_Recorded data:_

//! What a user does in the editor, as deeds over the scene, after acme(1).
#![tactic(auto)]

mod addressed;
mod deeds;
mod deleting;
mod editing;
mod errors;
mod fault;
mod files;
pub mod laws;
mod looking;
mod opening;
mod paths;
mod seen;
mod undoing;

pub use deeds::{edit_window, set_in_window};
pub use deleting::{del, delete};
pub use editing::{cut, paste, snarf};
pub use errors::append_errors;
pub use fault::ActionFault;
pub use files::{Saved, file_text, get, put, store};
pub use looking::{find, look, look_target, search};
pub use opening::{Target, new_window, open, target_of};
pub use paths::path_of;
pub use seen::{asks, dir_at, dot_at, dot_text_at, fits, name_at, size_at};
pub use undoing::{Move, move_groups};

_Exercise details:_ Exactly as written above, reproduce all of the entries.

_Solution to the problem:_
//! What a user does in the editor, as deeds over the scene, after acme(1).
#![tactic(auto)]

mod addressed;
mod deeds;
mod deleting;
mod editing;
mod errors;
mod fault;
mod files;
pub mod laws;
mod looking;
mod opening;
mod paths;
mod seen;
mod undoing;

pub use deeds::{edit_window, set_in_window};
pub use deleting::{del, delete};
pub use editing::{cut, paste, snarf};
pub use errors::append_errors;
pub use fault::ActionFault;
pub use files::{Saved, file_text, get, put, store};
pub use looking::{find, look, look_target, search};
pub use opening::{Target, new_window, open, target_of};
pub use paths::path_of;
pub use seen::{asks, dir_at, dot_at, dot_text_at, fits, name_at, size_at};
pub use undoing::{Move, move_groups};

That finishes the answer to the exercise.